底下的嘍囉們見韓大東家沒發話,便也無人敢阻攔。
韓大東家望著他離去的背影,面色不愉,再瞧腦袋叫人開了瓢、倒地上不知死活的王慶,只吩咐道:“給他請個大夫。”
底下的嘍囉們忙請大夫的去請大夫,收拾大堂的收拾大堂。
賭坊管事跟著韓大東家進了二樓的雅間,恭維道:“還是東家高明,不過是略施小計,便引得那王慶和蕭厲相爭愈烈,還讓蕭厲那頭養不熟的狼崽子,應下了殺胡先百的事。有了人命這道鎖鏈拴他頸上,管他是狼是狗,往後還不是您一拽鏈子,他便只能聽您差遣?”

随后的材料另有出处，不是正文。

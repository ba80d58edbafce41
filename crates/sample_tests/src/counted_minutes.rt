//! What minutes count for, before exclusion and after it, over batches that got their room at once.
ghost use Rattle.std.specs.Prelude.{◌≡◌, ◌≤◌, ◌+◌, ◌*◌, ◌^◌, ◌∷◌, length};
ghost use Rattle.std.specs.List.{AllByRecursion};
ghost use Rattle.sample_book.specs.History.{MayComeAll, MayComeAs, is_put, room_after, rows_after};
ghost use Rattle.sample_book.specs.Rows.{cell_of, verdict_of};
ghost use Rattle.sample_tests.specs.Events.{HasEvents};

use crate::kept_samples::{agrees, empty_book, exclude, label, let_go, lift};
use exact_fraction::{Decimal, Label, Op};
use sample_book::{Row, RowVerdict, SampleBook, laws};
use slice_method::{Amount, Reading};
use std::process::Abort;

fn events(sli: Label, source: Label, minute: u32, revision: u32, good: u32) -> Row
    requires { good ≤ 10 }
    ensures { HasEvents result }
{
    Row {
        sli,
        source,
        minute,
        revision,
        amount: Amount::Counts {
            part: good,
            total: 10,
        },
    }
}

fn is_put(verdict: &RowVerdict) -> bool
    ensures { result ≡ is_put verdict.now }
{
    match verdict {
        RowVerdict::New => true,
        RowVerdict::Newer(_) => true,
        _ => false,
    }
}

/// Puts a row that is new or newer, and passes over another.
fn put_row(book: &mut SampleBook, row: &Row)
    requires { MayComeAs (verdict_of book.old.rows row.now) book.old.room (cell_of row.now) }
    ensures rows { book.new.rows ≡ rows_after book.old.rows row.now }
    ensures room { book.new.room ≡ room_after (verdict_of book.old.rows row.now) book.old.room }
    ensures held { AllByRecursion HasEvents book.old.rows → HasEvents row.now
        → AllByRecursion HasEvents book.new.rows }
    ensures few { length book.new.rows ≤ length book.old.rows + 1 }
{
    let verdict = book.check(row);
    if is_put(&verdict) {
        book.put(row);
    }
}

fn put_rows(book: &mut SampleBook, rows: &[Row])
    requires may { MayComeAll book.old.rows book.old.room rows.now }
    requires events { AllByRecursion HasEvents rows.now }
    requires held { AllByRecursion HasEvents book.old.rows }
    ensures held { AllByRecursion HasEvents book.new.rows }
    ensures few { length book.new.rows ≤ length book.old.rows + length rows.now }
{
    for row in rows {
        put_row(book, row);
    }
}

/// Gives a whole batch its room, and puts it.
fn take_batch(book: &mut SampleBook, rows: &[Row]) -> bool
    requires events { AllByRecursion HasEvents rows.now }
    requires held { AllByRecursion HasEvents book.old.rows }
    ensures held { AllByRecursion HasEvents book.new.rows }
    ensures few { length book.new.rows ≤ length book.old.rows + length rows.now }
{
    book.rows_are_current();
    laws::room_is_enough();
    match book.make_room(rows) {
        Ok(()) => {}
        Err(_) => return false,
    }
    put_rows(book, rows);
    true
}

/// Two sources of an indicator at minute 1440, of which the first corrects itself, and one of them
/// a minute later; and another indicator.
fn batch(web: Label, shop: Label) -> [Row; 5]
    ensures events { AllByRecursion HasEvents result }
    ensures few { length result ≡ 5 }
{
    [
        events(web, web, 1440, 1, 3),
        events(web, shop, 1440, 1, 4),
        events(web, web, 1441, 1, 1),
        events(shop, web, 1440, 1, 7),
        events(web, web, 1440, 2, 9),
    ]
}

fn good_at(book: &SampleBook, sli: Label, minute: u32) -> (u64, u64)
    requires held { AllByRecursion HasEvents book.now.rows }
    requires few { length book.now.rows ≤ 5 }
{
    let none = Decimal::of_billionths(0);
    let sum = book.counts_at(sli, Reading::Good, Op::Lte, none, minute);
    (sum.good, sum.total)
}

fn counted_at(book: &SampleBook, slo: Label, sli: Label, minute: u32) -> (u64, u64)
    requires held { AllByRecursion HasEvents book.now.rows }
    requires few { length book.now.rows ≤ 5 }
{
    let none = Decimal::of_billionths(0);
    let sum = book.counted_at(slo, sli, Reading::Good, Op::Lte, none, minute);
    (sum.good, sum.total)
}

#[test]
fn a_minute_counts_by_its_current_rows(rt: HostRuntime) {
    let web = label(&rt, b"web");
    let shop = label(&rt, b"shop");
    let mut book = empty_book(&rt, rt.alloc());
    assert!(rt; take_batch(&mut book, &batch(web, shop)));
    assert!(rt; good_at(&book, web, 1440) == (13, 20) && good_at(&book, web, 1441) == (1, 10));
    assert!(rt; good_at(&book, shop, 1440) == (7, 10) && good_at(&book, web, 0) == (0, 0));
    let_go(book);
}

#[test]
fn the_first_row_and_the_days_of_an_indicator_are_known(rt: HostRuntime) {
    let web = label(&rt, b"web");
    let shop = label(&rt, b"shop");
    let mut book = empty_book(&rt, rt.alloc());
    assert!(rt; book.first_row(web).is_none() && book.days_of(web) == 0);
    assert!(rt; take_batch(&mut book, &batch(web, shop)));
    assert!(rt; book.first_row(web) == Some(events(web, web, 1440, 2, 9)));
    assert!(rt; book.first_row(shop) == Some(events(shop, web, 1440, 1, 7)));
    assert!(rt; book.days_of(web) == 1 && book.days_of(shop) == 1);
    let more = [events(web, web, 1439, 1, 1), events(web, web, 2880, 1, 1)];
    assert!(rt; take_batch(&mut book, &more));
    assert!(rt; book.days_of(web) == 3 && book.days_of(shop) == 1 && book.cells() == 6);
    let_go(book);
}

/// [1440, 1441) of the objective `shop`.
fn exclude_first(book: &mut SampleBook, slo: Label) -> bool
    ensures { book.new.rows ≡ book.old.rows }
{
    exclude(book, slo, slo, 1440, 1441)
}

#[test]
fn an_excluded_minute_counts_nothing_until_it_is_lifted(rt: HostRuntime) {
    let web = label(&rt, b"web");
    let shop = label(&rt, b"shop");
    let mut book = empty_book(&rt, rt.alloc());
    assert!(rt; take_batch(&mut book, &batch(web, shop)) & exclude_first(&mut book, shop));
    assert!(rt; counted_at(&book, shop, web, 1440) == (0, 0));
    assert!(rt; counted_at(&book, shop, web, 1441) == (1, 10));
    assert!(rt; counted_at(&book, web, web, 1440) == (13, 20));
    assert!(rt; lift(&mut book, shop) && counted_at(&book, shop, web, 1440) == (13, 20));
    let_go(book);
}

fn id(rt: &impl Abort, number: u32) -> Label {
    let text = [
        b'm',
        b'0' + (number / 10 % 10) as u8,
        b'0' + (number % 10) as u8,
    ];
    label(rt, &text)
}

/// Thirty exclusions, of ten minutes at the end of each of thirty days, and one of two days.
fn exclude_many(rt: &impl Abort, book: &mut SampleBook, slo: Label, other: Label) -> bool {
    let mut made = exclude(book, id(rt, 99), slo, 100_000, 102_880);
    for number in 0..30u32 {
        let from = number * 1440 + 1435;
        let owner = if number % 2 == 0 { slo } else { other };
        made &= exclude(book, id(rt, number), owner, from, from + 10);
    }
    made
}

/// The minutes before, in and behind exclusions, across midnight, and in the one of two days.
const OWN: [(u32, bool); 12] = [
    (1434, false),
    (1435, true),
    (1440, true),
    (1444, true),
    (1445, false),
    (2880, false),
    (4320, true),
    (41_764, true),
    (41_765, false),
    (99_999, false),
    (101_500, true),
    (102_880, false),
];

const OTHERS: [(u32, bool); 5] = [
    (1440, false),
    (2875, true),
    (2884, true),
    (2885, false),
    (101_500, false),
];

#[test]
fn many_exclusions_take_their_own_minutes_alone(rt: HostRuntime) {
    let slo = label(&rt, b"shop");
    let other = label(&rt, b"bar");
    let mut book = empty_book(&rt, rt.alloc());
    assert!(rt; exclude_many(&rt, &mut book, slo, other));
    assert!(rt; agrees(&book, slo, &OWN) & agrees(&book, other, &OTHERS));
    assert!(rt; lift(&mut book, id(&rt, 2)) && agrees(&book, slo, &[(4320, false), (1440, true)]));
    let_go(book);
}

韓大東家卻搖頭:“我原是看此子資質過人,心思又不像王慶那般多,才一直矚意他。我扶他坐上把頭的位置,他資歷不如王慶,要想徹底站穩腳跟,便只能對我盡忠,如此一來,這二人都可為我所用。只是此子蹲過大獄,行事謹慎遠勝常人,除了他娘這一處軟肋,竟未落下什麼旁的把柄與我。若不是縱著王慶將陳癩子的事鬧大,一時倒也找不著機會讓他替我幹這人命差事。不激他一激,他更不會輕易應下。可你今日也瞧見了,此子戾氣太盛,用他,倒不知是對是錯了……”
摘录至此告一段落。